Началось как будто с пустяка. На первом уроке он небрежно сообщил Тане Карцевой, что в Бразилии удавы работают у людей.
— Перестань! Как не стыдно! — сказала она.
— Даже с детьми гуляют. Как настоящие няни, — добавил Юра.
— Перестань, я скажу…
Он обиделся, что ему не верят, и со зла брякнул:
— И в магазин за хлебом ходят!
— Перестань! — Таня чуть не плакала от возмущения.
— Юра, — сказала Анна Григорьевна, их учительница.
Она была очень добрая, однако это знали не все и оттого побаивались. Юра ее не боялся, но не понимал, как себя с ней вести, потому что она была его теткой, женой дяди Володи. Юру она взяла в прошлом году к себе в класс. У нее было строгое лицо с небольшим прямым носом, красивые глаза и не совсем обычная прическа: сзади пучок, а уши прикрывались длинными такими, завитыми в трубочку локонами.
— …Юра, — повторила Анна Григорьевна, — ты мне мешаешь.
Юра немного послушал, о чем она говорит, потом спросил Карцеву:
— Бацилла разобьется, если упадет?
— Перестань! — сказала та. — Как не стыдно!
— Стыдно, если видно, — ловко отпарировал он и опять спросил: — Ты была в прериях?
— Юра Хазанов, — раздался снова голос Анны Григорьевны. — Ты много болтаешь. Мне трудно вести урок.
— А чего трудного?..
Нет, он не хотел такое сказать, но как-то само вырвалось. И он покраснел. Он вообще легко краснел.
— Как не стыдно! — прошипела Таня Карцева.
— Так, — сказала Анна Григорьевна. — Очень хорошо. Значит, ты считаешь… А почему ты решил, что не трудно? Встань и ответь.
Юра встал. Может, надо было извиниться — и все, но он еще не научился этому; для него извинение было тяжким трудом, тяжелее, чем съесть манную кашу с комками, которой он всегда давился под неусыпным оком бабушки.

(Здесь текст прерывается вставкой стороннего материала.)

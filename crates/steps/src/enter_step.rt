// Enter: a value comes in by the inlet.
ghost use Rattle.std.specs.Prelude.{◌≡◌, length};
ghost use Rattle.model.specs.Basics.{every};
ghost use Rattle.model.specs.Wrapper.{all_sides};
ghost use Rattle.steps.specs.Asked.{OfferIs, EnterAt, enter_by, may_enter};
ghost use Rattle.steps.specs.StepIs.{Sane, StepIs};

use crate::copies::{copies, with_copies};
use crate::left_marks::may_enter;
use crate::room::lobby_offer;
use crate::{Offer, RestStep, Said};
use sides::{Message, Rest, Sides, Status};
use values::{Value, is_value};

// Whether every minted name among the words has left by an outlet.
fn all_may_enter(marks: &[[bool; Sides::MARKS]; Sides::COUNT], words: &[u32]) -> bool
    requires { length marks.now ≡ length all_sides }
    ensures { result ≡ every (may_enter marks.now) words.now }
{
    words.iter().all(|&w| may_enter(marks, w))
}

// Whether the words are a value that may enter, with room for a message and its copies. The answer is the value length.
fn enter_offer(
    rows: &[u32],
    o: Rest,
    logging: bool,
    marks: &[[bool; Sides::MARKS]; Sides::COUNT],
    words: &[u32],
) -> Offer
    requires { (Sane rows.now o) × (length marks.now ≡ length all_sides) }
    ensures { OfferIs (enter_by logging marks.now rows.now o words.now) (length words.now) (EnterAt logging o marks.now words.now) result }
{
    if !is_value(words) {
        return Offer::Refused(11);
    }
    if !all_may_enter(marks, words) {
        return Offer::Refused(12);
    }
    lobby_offer(o.lobby.len, copies(logging) + 1, words.len())
}

// Enter: copies that leave, then a down message on `in`, are added to the lobby. No word changes.
pub fn enter(
    rows: &[u32],
    o: Rest,
    logging: bool,
    marks: &[[bool; Sides::MARKS]; Sides::COUNT],
    words: &[u32],
) -> RestStep
    requires { (Sane rows.now o) × (length marks.now ≡ length all_sides) }
    ensures { StepIs (enter_by logging marks.now rows.now o words.now) rows.now o rows.now result }
{
    let a = enter_offer(rows, o, logging, marks, words);
    let Offer::At(n) = a else {
        return RestStep::refused(a, o);
    };
    let value = Value::of(&words[..n]);
    let m = Message::new(Status::Down, 0, value);
    RestStep {
        said: Said::In,
        value,
        rest: Rest {
            lobby: with_copies(o.lobby, logging, value).with(m),
            ..o
        },
    }
}
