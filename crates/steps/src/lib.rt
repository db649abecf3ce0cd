// The steps of a side but meet. A side's words are lent, the rest of it goes by value: a step gives its label, its value and the
// rest after it, or a refusal beside the old rest, and then the very words stay.
#![tactic(auto)]

ghost use Rattle.std.specs.Prelude.{◌≡◌};
ghost use Rattle.steps.specs.declared.Said.TheVariants.{Refused};
ghost use Rattle.steps.specs.Asked.{Says, number_of};

use sides::Rest;
use values::Value;

mod copies;
mod enter_step;
mod left_marks;
mod lobby_steps;
mod particle_steps;
mod room;
mod take_step;

pub use enter_step::enter;
pub use left_marks::mark_all;
pub use lobby_steps::{down, leave, pass};
pub use particle_steps::{descend, up};
pub use take_step::take;

// A step's label, or the number of its refusal.
// Stays one enum of five answers: `said_of` gives document 01's label or number of each; a refusal is an answer, and the run goes on.
#[derive(Clone, Copy)]
pub enum Said {
    In,
    Out,
    Log,
    Silent,
    Refused(u32),
}

#[derive(Clone, Copy)]
pub struct RestStep {
    pub said: Said,
    pub value: Value,
    pub rest: Rest,
}

// What a check of a step answers: the position or the value length that the step goes on with, or the number of a refusal.
// Stays an enum of numbers, taken out by let .. else, with the refusal beside the old rest: document 01 names this form for refused steps.
#[derive(Clone, Copy)]
pub enum Offer {
    At(usize),
    Refused(u32),
}

impl Offer {
    // The number of a refusal.
    pub fn number(self) -> u32
        ensures { result ≡ number_of self }
    {
        match self {
            // Stays 0 for no refusal: `number_of` of specs/Asked.antt, which the contract of `RestStep::refused` names, has it so.
            Offer::At(_) => 0,
            Offer::Refused(n) => n,
        }
    }
}

impl RestStep {
    // What is said, with no value, beside a rest.
    pub fn plain(said: Said, rest: Rest) -> Self
        ensures { Says said rest result }
    {
        let value = Value::none();
        RestStep { said, value, rest }
    }

    // The refusal that a check answered, beside the rest that was there.
    pub fn refused(a: Offer, rest: Rest) -> Self
        ensures { Says (Refused (number_of a)) rest result }
    {
        Self::plain(Said::Refused(a.number()), rest)
    }
}
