// Up and descend: the steps that act on an output.
ghost use Rattle.std.specs.Prelude.{◌≡◌, true, false, ◌<◌, get_or};
ghost use Rattle.model.specs.Load.{Setting};
ghost use Rattle.model.specs.Wrapper.{shelves};
ghost use Rattle.model.specs.Step.{up, descend, settled};
ghost use Rattle.sides.specs.Layout.{row_at};
ghost use Rattle.sides.specs.Sides.{core_of};
ghost use Rattle.steps.specs.Asked.{OfferIs, channel_in, with_shelf, goes_to_shelf, up_by, UpAt, DescendAt};
ghost use Rattle.steps.specs.StepIs.{Sane, StepIs};

use crate::room::{lobby_offer, shelf_offer};
use crate::{Offer, RestStep, Said};
use sides::{
    Message, Rest, Row, Status, Tag, box_name, box_parent, is_to_child, is_to_parent, move_output,
    put_shelf, remove_row, tag_at, value_at, word_at,
};

// Whether particle i is an output with tag parent.
fn up_offer(rows: &[u32], o: Rest, i: usize) -> Offer
    requires { Sane rows.now o }
    ensures { (c : Setting) → OfferIs (settled (up c (core_of rows.now o) i)) i (UpAt rows.now o) result }
{
    if o.particles <= i {
        return Offer::Refused(10);
    }
    if word_at(rows, i, Row::OUTPUT) != 1 || !is_to_parent(tag_at(rows, i)) {
        return Offer::Refused(13);
    }
    Offer::At(i)
}

// Output i goes out of box 0, where it is on `mid`, to the shelf.
fn to_shelf(rows: &mut [u32], o: Rest, i: usize) -> RestStep
    requires { (Sane rows.old o) × (i < o.particles) × (get_or (row_at rows.old i) 0 0 ≡ 1) }
    ensures { (c : Setting) → shelves c.wrapper c.side ≡ true → StepIs (up_by c rows.old o i 0 2) rows.old o rows.new result }
{
    let a = shelf_offer(o.shelved);
    let Offer::At(h) = a else {
        return RestStep::refused(a, o);
    };
    put_shelf(rows, h, value_at(rows, i, 0));
    let n = remove_row(rows, i, o.particles);
    let rest = Rest {
        particles: n,
        shelved: h + 1,
        ..o
    };
    RestStep::plain(Said::Silent, rest)
}

// Output i goes out of box 0 to the lobby.
fn to_lobby(rows: &mut [u32], o: Rest, i: usize) -> RestStep
    requires { (Sane rows.old o) × (i < o.particles) × (get_or (row_at rows.old i) 0 0 ≡ 1) }
    ensures { (c : Setting) → goes_to_shelf c (channel_in rows.old i) ≡ false → StepIs (up_by c rows.old o i 0 (channel_in rows.old i)) rows.old o rows.new result }
{
    let a = lobby_offer(o.lobby.len, 1, i);
    let Offer::At(k) = a else {
        return RestStep::refused(a, o);
    };
    let ch = word_at(rows, k, Row::CHANNEL);
    let m = Message::new(Status::Arrived, ch, value_at(rows, k, 0));
    let n = remove_row(rows, k, o.particles);
    let rest = Rest {
        particles: n,
        lobby: o.lobby.with(m),
        ..o
    };
    RestStep::plain(Said::Silent, rest)
}

// Output i goes out of box b, another than box 0, to that box's parent.
fn to_box(rows: &mut [u32], o: Rest, i: usize, b: usize) -> RestStep
    requires { (Sane rows.old o) × (i < o.particles) × (get_or (row_at rows.old i) 0 0 ≡ 1) × (0 < b) × (b < o.boxes) }
    ensures { (c : Setting) → StepIs (up_by c rows.old o i b (channel_in rows.old i)) rows.old o rows.new result }
{
    let n = box_name(rows, b);
    move_output(rows, i, box_parent(rows, b), Tag::FromChild(n));
    RestStep::plain(Said::Silent, o)
}

// Up: output i with tag parent. `shelving` says whether what goes up on `mid` goes to the shelf.
pub fn up(shelving: bool, rows: &mut [u32], o: Rest, i: usize) -> RestStep
    requires { Sane rows.old o }
    ensures { StepIs (settled (up (with_shelf shelving) (core_of rows.old o) i)) rows.old o rows.new result }
{
    let a = up_offer(rows, o, i);
    let Offer::At(k) = a else {
        return RestStep::refused(a, o);
    };
    let b = word_at(rows, k, Row::BOX) as usize;
    if 0 < b {
        return to_box(rows, o, k, b);
    }
    if shelving && word_at(rows, k, Row::CHANNEL) == 2 {
        return to_shelf(rows, o, k);
    }
    to_lobby(rows, o, k)
}

// Whether particle i is an output whose tag names box j, a child of its box.
fn descend_offer(rows: &[u32], o: Rest, i: usize, j: usize) -> Offer
    requires { Sane rows.now o }
    ensures { OfferIs (settled (descend (core_of rows.now o) i j)) i (DescendAt rows.now o j) result }
{
    if o.particles <= i || o.boxes <= j {
        return Offer::Refused(10);
    }
    if word_at(rows, i, Row::OUTPUT) != 1
        || j == 0
        || box_parent(rows, j) != word_at(rows, i, Row::BOX) as usize
        || !is_to_child(tag_at(rows, i), box_name(rows, j))
    {
        return Offer::Refused(13);
    }
    Offer::At(i)
}

// Descend: output i moves into box j, received from the parent.
pub fn descend(rows: &mut [u32], o: Rest, i: usize, j: usize) -> RestStep
    requires { Sane rows.old o }
    ensures { StepIs (settled (descend (core_of rows.old o) i j)) rows.old o rows.new result }
{
    let a = descend_offer(rows, o, i, j);
    let Offer::At(k) = a else {
        return RestStep::refused(a, o);
    };
    move_output(rows, k, j, Tag::FromParent);
    RestStep::plain(Said::Silent, o)
}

— Потому что… — сказал он. — Потому что можно в учебнике прочитать. И еще там вопросы есть.
— Так. А в задачнике ответы, да?
— Да.
— А с дисциплиной как?
— У меня?
— Нет, — сказала Анна Григорьевна. — В классе. Надо ведь, чтоб порядок был. Чтобы все слушали.
— Конечно, — сказал Юра. — Чтобы слушали. — В классе засмеялись, это опять обидело его и он добавил: — Ну, и что такого? Разве трудно?
— Нет, ничего такого, — согласилась Анна Григорьевна. — Может, ты и прав, и каждый сумеет провести урок… Садись, пожалуйста.
— А чего? — сказал Юра специально для Тани Карцевой перед тем, как сесть.
На следующем уроке его первым вызвали к доске.
— Тетрадку брать? — спросил он.
— Как тебе удобней, — сказала Анна Григорьевна. — Нет, не туда, сюда, к столу… так… Очень хорошо… Вот тебе журнал, ручка. Можешь начинать… Сейчас у нас литература. А ты — учитель…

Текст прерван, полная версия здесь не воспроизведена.